Your objective:
Copy each line below containing "counted".

Recorded data:

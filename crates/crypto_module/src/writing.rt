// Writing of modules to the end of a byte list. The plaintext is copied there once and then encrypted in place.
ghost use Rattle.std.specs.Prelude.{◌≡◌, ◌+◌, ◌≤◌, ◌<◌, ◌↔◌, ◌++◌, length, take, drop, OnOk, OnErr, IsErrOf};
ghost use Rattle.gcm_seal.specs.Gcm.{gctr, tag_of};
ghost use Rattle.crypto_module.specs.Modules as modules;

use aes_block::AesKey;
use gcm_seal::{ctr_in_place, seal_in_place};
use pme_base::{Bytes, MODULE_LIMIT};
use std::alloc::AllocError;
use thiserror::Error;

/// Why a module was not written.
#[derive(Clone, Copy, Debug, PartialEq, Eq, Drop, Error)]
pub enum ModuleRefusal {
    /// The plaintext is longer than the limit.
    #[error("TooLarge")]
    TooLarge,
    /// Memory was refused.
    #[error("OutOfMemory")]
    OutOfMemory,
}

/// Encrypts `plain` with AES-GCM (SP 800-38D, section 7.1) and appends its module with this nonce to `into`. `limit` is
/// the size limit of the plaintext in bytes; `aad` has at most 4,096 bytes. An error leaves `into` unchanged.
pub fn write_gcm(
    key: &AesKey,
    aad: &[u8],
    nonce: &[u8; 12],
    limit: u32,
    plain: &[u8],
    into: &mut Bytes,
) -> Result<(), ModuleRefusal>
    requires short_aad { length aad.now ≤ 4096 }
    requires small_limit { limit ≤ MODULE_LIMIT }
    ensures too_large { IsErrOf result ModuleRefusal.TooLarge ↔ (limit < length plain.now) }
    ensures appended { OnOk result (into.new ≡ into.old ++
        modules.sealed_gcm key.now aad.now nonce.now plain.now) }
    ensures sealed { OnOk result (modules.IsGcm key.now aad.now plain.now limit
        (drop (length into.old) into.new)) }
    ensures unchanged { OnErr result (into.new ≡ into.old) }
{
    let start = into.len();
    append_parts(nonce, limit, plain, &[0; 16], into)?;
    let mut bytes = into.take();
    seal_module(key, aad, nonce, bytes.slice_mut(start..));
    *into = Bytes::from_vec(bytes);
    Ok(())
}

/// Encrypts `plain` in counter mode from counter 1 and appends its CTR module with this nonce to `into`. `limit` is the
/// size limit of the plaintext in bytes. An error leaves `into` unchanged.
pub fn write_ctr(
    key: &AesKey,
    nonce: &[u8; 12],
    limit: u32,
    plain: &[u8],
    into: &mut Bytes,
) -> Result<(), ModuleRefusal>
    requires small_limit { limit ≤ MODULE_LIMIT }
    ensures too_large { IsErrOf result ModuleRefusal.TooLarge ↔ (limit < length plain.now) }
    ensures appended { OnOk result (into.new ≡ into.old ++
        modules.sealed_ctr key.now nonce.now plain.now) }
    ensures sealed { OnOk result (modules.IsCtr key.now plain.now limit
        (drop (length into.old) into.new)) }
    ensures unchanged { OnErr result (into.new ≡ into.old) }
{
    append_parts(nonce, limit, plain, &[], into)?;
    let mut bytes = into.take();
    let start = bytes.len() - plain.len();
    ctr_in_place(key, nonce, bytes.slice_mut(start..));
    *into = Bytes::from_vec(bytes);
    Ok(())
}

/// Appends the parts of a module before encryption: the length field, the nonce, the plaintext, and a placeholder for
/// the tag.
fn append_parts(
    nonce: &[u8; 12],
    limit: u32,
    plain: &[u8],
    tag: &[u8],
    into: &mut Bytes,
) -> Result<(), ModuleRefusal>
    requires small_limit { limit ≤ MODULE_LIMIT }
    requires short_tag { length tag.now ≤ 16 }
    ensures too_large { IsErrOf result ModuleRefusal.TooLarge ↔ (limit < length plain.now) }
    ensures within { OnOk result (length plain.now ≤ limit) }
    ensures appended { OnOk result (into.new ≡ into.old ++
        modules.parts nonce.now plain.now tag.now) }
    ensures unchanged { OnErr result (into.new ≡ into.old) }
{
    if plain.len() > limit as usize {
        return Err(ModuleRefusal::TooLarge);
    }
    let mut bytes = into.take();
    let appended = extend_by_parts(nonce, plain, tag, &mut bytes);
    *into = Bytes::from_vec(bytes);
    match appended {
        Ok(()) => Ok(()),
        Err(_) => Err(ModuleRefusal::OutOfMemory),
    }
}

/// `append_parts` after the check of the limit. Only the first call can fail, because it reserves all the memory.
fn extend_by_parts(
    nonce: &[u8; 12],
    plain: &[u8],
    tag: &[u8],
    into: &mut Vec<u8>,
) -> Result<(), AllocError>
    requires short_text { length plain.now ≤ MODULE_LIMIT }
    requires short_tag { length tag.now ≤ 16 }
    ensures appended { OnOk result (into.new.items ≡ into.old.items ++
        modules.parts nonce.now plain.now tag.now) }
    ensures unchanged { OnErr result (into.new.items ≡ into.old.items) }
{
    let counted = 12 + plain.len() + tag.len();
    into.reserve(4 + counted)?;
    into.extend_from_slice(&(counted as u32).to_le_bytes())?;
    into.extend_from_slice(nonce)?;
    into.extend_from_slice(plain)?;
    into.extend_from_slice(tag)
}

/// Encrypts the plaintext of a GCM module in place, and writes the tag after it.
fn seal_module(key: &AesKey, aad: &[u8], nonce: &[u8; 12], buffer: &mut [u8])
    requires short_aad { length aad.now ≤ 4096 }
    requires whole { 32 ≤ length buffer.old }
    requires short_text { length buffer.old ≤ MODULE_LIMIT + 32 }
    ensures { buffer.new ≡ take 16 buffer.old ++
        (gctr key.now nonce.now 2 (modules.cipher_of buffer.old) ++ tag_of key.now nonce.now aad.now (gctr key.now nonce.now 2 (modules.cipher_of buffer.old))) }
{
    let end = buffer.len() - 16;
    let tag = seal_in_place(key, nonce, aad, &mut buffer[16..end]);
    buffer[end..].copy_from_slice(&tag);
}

Output for this task:
    let counted = 12 + plain.len() + tag.len();
    into.reserve(4 + counted)?;
    into.extend_from_slice(&(counted as u32).to_le_bytes())?;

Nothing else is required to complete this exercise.